Dont suppose anyone would have a rough idea of a clutch fitted for a 2003 1.6 Seat Leon ( 1.6 BCB Golf Engine ).

Its slipping now and obviously that means its in need of replacement,

TIA

:thumb:


----------



## Fire_2 (Dec 18, 2012)

£800? 

Maybe best to ring Mr Clutch up


----------



## mikeydee (May 4, 2010)

the clutch kit is probably about £100 . Are you doing the work yourself?


----------



## woodys (Dec 20, 2010)

Will depend on if you intend going main dealer or specialist really. Main dealer will have a price menu I should imagine so once you get the price regardless of how long it'll take them that's what you pay whereas many local garages charge by the hour although some do clutches for a set price also. If the garage is supplying parts and labour you will be roughly around the £400/500 mark time you add up clutch plate, release bearing, pressure plate etc. then the time to do it. It's not a massive job for a good mechanic. Shop around get a few quotes, or price up the kit and supply it yourself may keep the cost down. Euro car parts German and Swedish etc.


----------



## mark328 (Aug 1, 2010)

Fire_2 said:


> £800?
> 
> Maybe best to ring Mr Clutch up


Sarcasim won't get u anywhere on here mate


----------



## mark328 (Aug 1, 2010)

mikeydee said:


> the clutch kit is probably about £100 . Are you doing the work yourself?


I'd love too but don't have a ramp!


----------



## mark328 (Aug 1, 2010)

woodys said:


> Will depend on if you intend going main dealer or specialist really. Main dealer will have a price menu I should imagine so once you get the price regardless of how long it'll take them that's what you pay whereas many local garages charge by the hour although some do clutches for a set price also. If the garage is supplying parts and labour you will be roughly around the £400/500 mark time you add up clutch plate, release bearing, pressure plate etc. then the time to do it. It's not a massive job for a good mechanic. Shop around get a few quotes, or price up the kit and supply it yourself may keep the cost down. Euro car parts German and Swedish etc.

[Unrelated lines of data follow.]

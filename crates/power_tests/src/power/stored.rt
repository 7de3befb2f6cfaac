//! A file of the disk: its bytes, and how many of them are durable.

use crate::power::survivors::Choices;
use std::alloc::{AllocError, Global};

/// The bytes of a file, which is only ever written at its end.
#[derive(Drop)]
pub(crate) struct Stored {
    bytes: Vec<u8>,
    /// How many bytes the file had at its last sync.
    durable: usize,
    /// Where each write since then ended.
    ends: Vec<usize>,
}

/// Appends the bytes of a file between two offsets, with zeros for lost bytes before them.
fn extend(to: &mut Vec<u8>, bytes: &[u8], from: usize, end: usize) -> Result<(), AllocError> {
    for _ in to.len()..from {
        to.push(0)?;
    }
    to.extend_from_slice(fixtures::bytes::within(bytes, from, end))
}

impl Stored {
    pub(crate) fn new(alloc: Global) -> Stored {
        Stored {
            bytes: Vec::new(alloc),
            durable: 0,
            ends: Vec::new(alloc),
        }
    }

    pub(crate) fn bytes(&self) -> &[u8] {
        self.bytes.as_slice()
    }

    pub(crate) fn append(&mut self, bytes: &[u8]) -> Result<(), AllocError> {
        self.bytes.extend_from_slice(bytes)?;
        self.ends.push(self.bytes.len())?;
        Ok(())
    }

    /// Makes all bytes durable.
    pub(crate) fn sync(&mut self) {
        self.durable = self.bytes.len();
        self.ends.clear();
    }

    /// Returns how many parts of writes may be lost: two for each write.
    pub(crate) fn pending(&self) -> usize {
        self.ends.len().saturating_mul(2)
    }

    /// Returns the file that remains if each half of a write survives by these choices. Lost bytes
    /// before a half that survives read as zeros.
    pub(crate) fn survivor(
        &self,
        alloc: Global,
        choices: &mut Choices,
    ) -> Result<Stored, AllocError> {
        let bytes = self.bytes.as_slice();
        let mut remaining = Vec::from_slice(alloc, fixtures::bytes::front(bytes, self.durable))?;
        let mut start = self.durable;
        for end in &self.ends {
            let middle = start.midpoint(*end);
            if choices.survives() {
                extend(&mut remaining, bytes, start, middle)?;
            }
            if choices.survives() {
                extend(&mut remaining, bytes, middle, *end)?;
            }
            start = *end;
        }
        let durable = remaining.len();
        Ok(Stored {
            bytes: remaining,
            durable,
            ends: Vec::new(alloc),
        })
    }
}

Jesus, had a quote yday at 300 and thought that was steep!


----------



## Alzak (Aug 31, 2010)

Make sure to but good one not no name ... 

Should be no more than £250 including parts/labour


----------



## MK1Campaign (Mar 27, 2007)

4-5 hours labour plus the parts price.
Id be wary of what clutch they are using if youve been quoted £300.
If the car has a dual mass flywheel then might want to think about changing that too.


----------



## mikeydee (May 4, 2010)

i've found that sometimes if you go on an owners forum, there is usually someone on there who does them for a little bit of cash and you buy the parts. same with gumtree too. type in what you want, i.e seat leon clutch, and it might pop up with someone who does it in his/her spare time if you catch my drift.


----------



## possul (Nov 14, 2008)

£300 is quite good. I'd be looking at £150 at least as a side job
U don't need a ramp just the car on stands.
I've done a Quattro s3 with no problems, VAG boxes aren't bad to do


----------



## mikeydee (May 4, 2010)

MK1Campaign said:


> 4-5 hours labour plus the parts price.
> Id be wary of what clutch they are using if youve been quoted £300.
> If the car has a dual mass flywheel then might want to think about changing that too.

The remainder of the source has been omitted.